# Male dogs fighting



## KayKA10 (Jan 3, 2006)

Our female is in heat right now (she went into heat really early, before we could get her fixed). Well our 2 male dogs are being horribly mean. Ive broken up about 4 fight from them today and put them in the kennel for about an hour after. They have never done this before! My husband got bit trying to split them up earlier, theyre latching on and not letting go. Bently isnt too roughed up but bibby is all stratched up and bleeding. Hes acting fine and just wanting to play with our female but he looks really messed up. Im waiting on my hubby to take him to the vet but what can I do to stop them from fightin? Im sooo upset, Ive never dealt with this from them in 2 years! Help!!


----------



## Katie (Apr 9, 2005)

How scary! I haven't had to deal with anything like that with my guys so I might not be much help. The only thing I can think of is to get someone to "babysit" one of the boys until the female is out of heat. Or to keep them separated in different areas/rooms of the house. That sounds awful! Keep us updated.. I hope Bibby is ok!


----------



## KayKA10 (Jan 3, 2006)

Bibby is just laying around right now not even bothering Pixie. I know they cant do anything to her because they both have belly bands on so I dont have to worry about that. I have had BEntly in the kennel since posting this but I think Im going to try to take him out again. Theyve always been such babies, so its hard to lock them up. Pretty much Bibby is always just trying to play with Pixie and Bently gets mad and starts showing his teeth and growling and then Bibby does the same and then they just rush at each other and latch on. Im so upset because Im trying to taske care of my 10 week old daughter and cant just drop her to break them up, plus I cant just stick my hands in there and risk getting bit.


----------



## tiny- dog- luverr (Oct 28, 2005)

Would it be better to have one of them fixed? I think they may be fighting to see who is going to mating rights etc...Although on the other hand its werid though that it hadnt haqppened before now...puzzling. Im sorry you have to go through that.*hug*


----------



## CHI'S AND ME (May 7, 2006)

Keep the males seperated from each other, and the female. Belly bands don't prevent pregnancy. They will fight its nature. They may also stop eating for a few days. Good luck


----------



## Rubyfox (Jul 11, 2005)

I agree they are fighting to become Top Dog, two uneautered dogs will it isn't just them most will . 
I suggest getting at least one of them done unless you are planning on breeding I suggest getting them both done.
As said above Belly bands dont prevent the dogs from mating, if they can find a way to get to her they will and band will stop them.

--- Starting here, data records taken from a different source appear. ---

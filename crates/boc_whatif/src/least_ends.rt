// The ends of greedy plans with one row after another at its least ticks.

ghost use Rattle.std.specs.Prelude.{◌≡◌, ℕ, ◌+◌, ◌*◌, ◌<◌, ◌≤◌, max, length, slice_index, IfOk, IfSome, IfNone};
ghost use Rattle.boc_runs.specs.Rows.{ticks_of};
ghost use Rattle.boc_plans.specs.Seen.{seen};
ghost use Rattle.boc_plans.specs.Greedy.{IsSpan};
ghost use Rattle.boc_plans.specs.Sweeps.{IsGreedySweep, IsLeastGreedyEnd};
ghost use Rattle.boc_order.specs.Waits.{AreWaits};
ghost use Rattle.boc_greedy.specs.Courses.{IsCourse};
ghost use Rattle.boc_sweep.specs.Lasts.{HasLasts};
ghost use Rattle.boc_whatif.specs.Parts.{AreParts};
ghost use Rattle.boc_whatif.specs.Pieces.{AreEnds, IsPiece, ArePieces};

use boc_greedy::{Consequences, Course, course_to, end_from, greedy_over};
use boc_order::{Links, work};
use boc_plans::sharing::{SeenRows, Sharing};
use boc_program::count::Workers;
use boc_progress::Progress;
use boc_runs::rows::Rows;
use boc_sweep::least_ticks;
use rayon::prelude::*;
use std::alloc::{AllocError, Global};
use std::thread::Threads;

// After this many plans it is reported how far the sweep is.
const STRETCH: u32 = 1024;

// This many neighbouring rows make a piece of a stretch: their plans go on from one course, which goes on from row to row. Each stretch but the
// last has 64 pieces at least, which threads share out.
const PIECE: usize = 16;

/// What all plans of a sweep share.
#[derive(Drop)]
pub struct Parts<'a> {
    rows: &'a Rows,
    sharing: Sharing,
    workers: Workers,
    // The rows that each row waits for, and what follows from each.
    waits: &'a Links,
    consequences: &'a Consequences,
    // The offset of each row's last child.
    lasts: &'a [u32],
    // The tick at which each row starts in the plan of the rows as they are, and the end of that plan.
    starts: &'a [u64],
    end: u64,
}

// Returns the fewest ticks of a row that takes more. The plan of one that takes no more is that of the rows as they are.
fn fewer_ticks(parts: &Parts<'_>, row: usize) -> Option<u32>
    requires there { row < length parts.now.rows.now }
    requires parts { AreParts parts.now }
    ensures least { IfSome result (λ least. least ≡ max 1 (slice_index parts.now.lasts.now row)) }
    ensures less { IfSome result (λ least. least ≤ ticks_of parts.now.rows.now row) }
    ensures none { IfNone result (IsLeastGreedyEnd (seen parts.now.sharing parts.now.rows.now) parts.now.workers row parts.now.end) }
{
    let rows = parts.rows.as_slice();
    let least = least_ticks(parts.lasts[row]);
    if rows[row].ticks == least {
        None
    } else {
        Some(least)
    }
}

// Returns the end of the plan with one row at its least ticks. It is known where the row takes no more than these. Else the plan goes on from the
// course, which is that of the rows as they are. No row is copied.
fn least_end(
    alloc: Global,
    parts: &Parts<'_>,
    course: &Course<'_>,
    row: usize,
) -> Result<u64, AllocError>
    requires there { row < length parts.now.rows.now }
    requires parts { AreParts parts.now }
    requires course { IsCourse (seen parts.now.sharing parts.now.rows.now) parts.now.workers course.now }
    ensures { IfOk result (IsLeastGreedyEnd (seen parts.now.sharing parts.now.rows.now) parts.now.workers row) }
{
    match fewer_ticks(parts, row) {
        None => Ok(parts.end),
        Some(least) => {
            let rows = SeenRows::new(parts.rows, parts.sharing);
            let number = row as u32;
            let changed = SeenRows::with_ticks(parts.rows, parts.sharing, number, least);
            end_from(
                alloc,
                course,
                &rows,
                &changed,
                parts.waits,
                parts.consequences,
                parts.workers,
                number,
                least,
            )
        }
    }
}

// Returns the first tick at which one of these rows would be over with its least ticks, of those that take more. Up to there the plan with any of
// them at its least ticks is that of the rows as they are.
fn first_over(parts: &Parts<'_>, from: usize, to: usize) -> Option<u64>
    requires there { to ≤ length parts.now.rows.now }
    requires parts { AreParts parts.now }
    ensures { IfNone result ((row : ℕ) → from ≤ row → row < to
        → IsLeastGreedyEnd (seen parts.now.sharing parts.now.rows.now) parts.now.workers row parts.now.end) }
{
    let mut first: Option<u64> = None;
    for row in from..to {
        if let Some(least) = fewer_ticks(parts, row) {
            let over = parts.starts[row].saturating_add(u64::from(least));
            first = Some(over.min(first.unwrap_or(over)));
        }
    }
    first
}

// Returns the ends for the rows from one on, up to another one, whose plans go on from a course. Before each row the course goes on itself, up to
// where the plan of that row or of one after it may differ.
fn ends_along(
    alloc: Global,
    parts: &Parts<'_>,
    course: &mut Course<'_>,
    from: usize,
    to: usize,
) -> Result<Vec<u64>, AllocError>
    requires order { from ≤ to }
    requires there { to ≤ length parts.now.rows.now }
    requires parts { AreParts parts.now }
    requires course { IsCourse (seen parts.now.sharing parts.now.rows.now) parts.now.workers course.old }
    ensures { IfOk result (λ ends. AreEnds (seen parts.now.sharing parts.now.rows.now) parts.now.workers from to ends.items) }
{
    let mut ends = Vec::with_capacity(alloc, to - from)?;
    let rows = SeenRows::new(parts.rows, parts.sharing);
    for row in from..to {
        if let Some(tick) = first_over(parts, row, to) {
            course.go_on(&rows, tick)?;
        }
        let end = least_end(alloc, parts, course, row)?;
        ends.push(end)?;
    }
    Ok(ends)
}

// Returns the ends for the rows from one on, up to another one, where all of them are that of the plan of the rows as they are.
fn same_ends(
    alloc: Global,
    parts: &Parts<'_>,
    from: usize,
    to: usize,
) -> Result<Vec<u64>, AllocError>
    requires order { from ≤ to }
    requires same { (row : ℕ) → from ≤ row → row < to → IsLeastGreedyEnd (seen parts.now.sharing parts.now.rows.now) parts.now.workers row parts.now.end }
    ensures { IfOk result (λ ends. AreEnds (seen parts.now.sharing parts.now.rows.now) parts.now.workers from to ends.items) }
{
    vec![in alloc; parts.end; to - from]
}

// Returns the ends for the rows of a piece, from one on, up to another one. Their plans go on from a copy of a course. Where no plan must be made
// there is none.
fn piece_ends(
    alloc: Global,
    parts: &Parts<'_>,
    course: &Course<'_>,
    from: usize,
    to: usize,
) -> Result<Vec<u64>, AllocError>
    requires order { from ≤ to }
    requires there { to ≤ length parts.now.rows.now }
    requires parts { AreParts parts.now }
    requires course { IsCourse (seen parts.now.sharing parts.now.rows.now) parts.now.workers course.now }
    ensures { IfOk result (λ ends. AreEnds (seen parts.now.sharing parts.now.rows.now) parts.now.workers from to ends.items) }
{
    match first_over(parts, from, to) {
        None => same_ends(alloc, parts, from, to),
        Some(_) => {
            let rows = SeenRows::new(parts.rows, parts.sharing);
            let mut own = course.copied(alloc, &rows)?;
            ends_along(alloc, parts, &mut own, from, to)
        }
    }
}

// Returns the ends for the pieces of a stretch of rows, from one on, up to another one. Threads share them out, piece by piece.
fn pieces_between(
    rt: &(impl Threads + Sync),
    alloc: Global,
    parts: &Parts<'_>,
    course: &Course<'_>,
    from: usize,
    to: usize,
) -> Result<Vec<Vec<u64>>, AllocError>
    requires order { from ≤ to }
    requires there { to ≤ length parts.now.rows.now }
    requires parts { AreParts parts.now }
    requires course { IsCourse (seen parts.now.sharing parts.now.rows.now) parts.now.workers course.now }
    ensures { IfOk result (λ pieces. ArePieces (seen parts.now.sharing parts.now.rows.now) parts.now.workers from to pieces.items) }
{
    let count = (to - from).div_ceil(PIECE);
    (0..count)
        .into_par_iter()
        .with_min_len(1)
        .map(
            |piece: usize| -> Result<Vec<u64>, AllocError>
                requires { (from + piece * PIECE < to) × (to ≤ length parts.now.rows.now) × AreParts parts.now
                    × IsCourse (seen parts.now.sharing parts.now.rows.now) parts.now.workers course.now }
                ensures { IfOk result (λ ends. IsPiece (seen parts.entry.now.sharing parts.entry.now.rows.now) parts.entry.now.workers
                    from to piece ends.items) }
            {
                let begin = from + piece * PIECE;
                piece_ends(alloc, parts, course, begin, to.min(begin + PIECE))
            },
        )
        .collect::<Result<Vec<Vec<u64>>, AllocError>>(rt, alloc)?
}

// Returns the ends for the rows of a stretch, from one on, up to another one: those of its pieces, one after the other.
fn ends_between(
    rt: &(impl Threads + Sync),
    alloc: Global,
    parts: &Parts<'_>,
    course: &Course<'_>,
    from: usize,
    to: usize,
) -> Result<Vec<u64>, AllocError>
    requires order { from ≤ to }
    requires there { to ≤ length parts.now.rows.now }
    requires parts { AreParts parts.now }
    requires course { IsCourse (seen parts.now.sharing parts.now.rows.now) parts.now.workers course.now }
    ensures { IfOk result (λ ends. AreEnds (seen parts.now.sharing parts.now.rows.now) parts.now.workers from to ends.items) }
{
    let pieces = pieces_between(rt, alloc, parts, course, from, to)?;
    let mut ends = Vec::with_capacity(alloc, to - from)?;
    for piece in &pieces {
        ends.extend_from_slice(piece)?;
    }
    Ok(ends)
}

// Returns the row after a stretch that begins with this one. A stretch has as many rows as it takes for the given number of plans, or all that are left.
fn behind_stretch(parts: &Parts<'_>, from: usize) -> usize
    requires there { from < length parts.now.rows.now }
    requires parts { AreParts parts.now }
    ensures further { from < result }
    ensures within { result ≤ length parts.now.rows.now }
{
    let count = parts.rows.as_slice().len();
    let mut plans = 0;
    for row in from..count {
        if fewer_ticks(parts, row).is_some() {
            plans += 1;
        }
        if plans == STRETCH {
            return row + 1;
        }
    }
    count
}

// Returns the ends for all rows, stretch by stretch. The plan of the rows as they are is made once: before each stretch its course goes on up to where
// the plan of one of the rows that are left may differ.
fn all_ends(
    rt: &(impl Threads + Sync),
    alloc: Global,
    parts: &Parts<'_>,
    progress: &mut dyn Progress,
) -> Result<Vec<u64>, AllocError>
    requires parts { AreParts parts.now }
    ensures { IfOk result (λ ends. IsGreedySweep (seen parts.now.sharing parts.now.rows.now) parts.now.workers ends.items) }
{
    let count = parts.rows.as_slice().len();
    let rows = SeenRows::new(parts.rows, parts.sharing);
    let (waits, consequences) = (parts.waits, parts.consequences);
    let mut course = course_to(alloc, &rows, waits, consequences, parts.workers, 0)?;
    let mut all = Vec::with_capacity(alloc, count)?;
    let mut done = 0;
    while done < count {
        let next = behind_stretch(parts, done);
        if let Some(tick) = first_over(parts, done, count) {
            course.go_on(&rows, tick)?;
        }
        let ends = ends_between(rt, alloc, parts, &course, done, next)?;
        all.extend_from_slice(&ends)?;
        done = next;
        progress.done(done, count);
    }
    Ok(all)
}

/// Returns for each row the end of the greedy plan for the given number of workers with that row alone at its least ticks. It takes the rows that each waits
/// for, the offset of its last child, and the span. `AllocError` says that memory was refused.
pub fn least_ends(
    rt: &(impl Threads + Sync),
    alloc: Global,
    rows: &Rows,
    sharing: Sharing,
    waits: &Links,
    lasts: &[u32],
    span: u64,
    workers: Workers,
    progress: &mut dyn Progress,
) -> Result<Vec<u64>, AllocError>
    requires waits { AreWaits (seen sharing rows.now) waits.now }
    requires lasts { HasLasts rows.now lasts.now }
    requires span { IsSpan (seen sharing rows.now) span }
    ensures { IfOk result (λ ends. IsGreedySweep (seen sharing rows.now) workers ends.items) }
{
    let seen = SeenRows::new(rows, sharing);
    let consequences = Consequences::of(alloc, &seen, waits)?;
    let work = work(rows.as_slice());
    let plan = greedy_over(alloc, &seen, waits, &consequences, workers, work, span)?;
    let parts = Parts {
        rows,
        sharing,
        workers,
        waits,
        consequences: &consequences,
        lasts,
        starts: &plan.starts,
        end: plan.ends_at,
    };
    all_ends(rt, alloc, &parts, progress)
}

I hope Bibby is ok bless. Boys......

Please let us know how he is?


----------



## foxywench (Feb 7, 2005)

ive seen males get out of even the best made belly bands, ive seen females get out of weven the best made "panties" and ive SEEN females and males HELP eachother out of these devices!

kenneling is also not a secure option unless they are sollid walls and doors, females HAVE gotten pregnant through crates and chainlink fences.

the fighting is 100% normal, 2 intact males around an intact female in heat, both meales are competing for the right to breed, this causese dominance and territorial fighting, and can be VERY dangerous. males can and will fight to death if they feel the need to!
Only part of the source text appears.